Let $E$ be a measurable set and let $g$ be a function defined on $E$. The product $fg$ belongs to $L^1(E)$ for every function $f \in L^1(E)$

Question

Let $E$ be a measurable set and let $g$ be a function defined on $E$. The product $fg$ belongs to $L^1(E)$ for every function $f \in L^1(E)$ if and only if $g ∈ L^{\infty}(E)$.

Answer 1

Sketch of a home-made proof: I assume we are in a $\sigma$-compact measure space. WLOG, $g\ge 0.$ Suppose $g\notin L^\infty.$ Then for any $a>0,$ there exists $b>a$ such that $0<\mu(\{a<g<b\})< \infty,$ here using $\sigma$-compactness.
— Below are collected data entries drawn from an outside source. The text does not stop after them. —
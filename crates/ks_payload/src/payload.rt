use crate::reading::read_payload;
use crate::writing::{push_audits, push_id, push_id_if_any};
use ks_base::{Bytes, Id, Memory};
use std::alloc::Global;

/// The version that is written. Version 1 is read too.
pub(crate) const VERSION: u8 = 2;

/// The most bytes that a spelling has: three ids of 64 bytes behind their lengths, and both audit ids.
const LONGEST: usize = 3 + 3 * 65 + 8 + 33;

/// What a token says: who it is for, in which scope, and until when.
#[derive(Clone, Copy)]
pub struct Payload {
    /// 0 unscoped, 1 domain, 2 project, 3 trust, 4 system, 5 application credential.
    pub kind: u8,
    /// Bit 0 password, bit 1 token, bit 2 totp, bit 3 application credential.
    pub methods: u8,
    pub user: Id,
    /// Of kind 1.
    pub domain: Option<Id>,
    /// Of kinds 2, 3 and 5.
    pub project: Option<Id>,
    /// Of kind 3.
    pub trust: Option<Id>,
    /// Seconds since 1970.
    pub expires: u64,
    /// The token's own audit id.
    pub audit: [u8; 16],
    /// The audit id of the first token of the chain, where this is not the first.
    pub chain: Option<[u8; 16]>,
    /// The application credential, of kind 5.
    pub credential: Option<Id>,
}

impl Payload {
    ghost use Rattle.std.specs.Prelude.{◌≡◌, IfOk, IfSome, IsOk};
    ghost use Rattle.ks_payload.specs.Payloads.{IsInRange, IsPayload, spelling};
    ghost use Rattle.ks_payload.specs.Readings.{payload_of};

    /// The bytes that spell this payload in version 2.
    pub fn write(&self, alloc: Global) -> Result<Bytes, Memory>
        requires { IsInRange self.now }
        ensures spelled { IfOk result (λ bytes. bytes ≡ spelling self.now) }
        ensures payload { IfOk result (λ bytes. IsPayload bytes self.now) }
        ensures round_trip { IfOk result (λ bytes. payload_of bytes ≡ Some self.now) }
    {
        let mut out = Vec::with_capacity(alloc, LONGEST)?;
        out.extend_from_slice(&[VERSION, self.kind, self.methods])?;
        push_id(&mut out, &self.user)?;
        push_id_if_any(&mut out, &self.domain)?;
        push_id_if_any(&mut out, &self.project)?;
        push_id_if_any(&mut out, &self.trust)?;
        push_id_if_any(&mut out, &self.credential)?;
        out.extend_from_slice(&self.expires.to_be_bytes())?;
        push_audits(&mut out, &self.audit, &self.chain)?;
        Ok(Bytes::from_vec(out))
    }

    /// The payload that the bytes spell in version 2 or 1, or `None` where they spell none: a field is cut, out of its
    /// range or in a second spelling, or bytes follow the last. It takes no memory.
    pub fn read(bytes: &[u8]) -> Result<Option<Payload>, Memory>
        ensures some { IfOk result (λ read. IfSome read (λ p. IsPayload bytes.now p)) }
        ensures none { result ≡ Ok None → (p : Payload) → ¬ IsPayload bytes.now p }
        ensures value { result ≡ Ok (payload_of bytes.now) }
        ensures answered { IsOk result }
    {
        Ok(read_payload(bytes))
    }
}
Using this repeatedly, we can choose $a_k > 2^k$ such that $0<\mu(\{a_k<g<a_{k+1}\})< \infty.$ Let $E_k = \{a_k<g<a_{k+1}\}.$ Set

$$f=\sum_{k=1}^{\infty} \frac{1}{k^2\mu(E_k)}\chi_{E_k}.$$

Then $f\in L^1.$ But

$$\int fg = \int \sum_{k=1}^{\infty} g\frac{1}{k^2\mu(E_k)}\chi_{E_k} \ge \sum_{k=1}^{\infty} \frac{2^k}{k^2} = \infty.$$

That's a contradiction, giving us the result.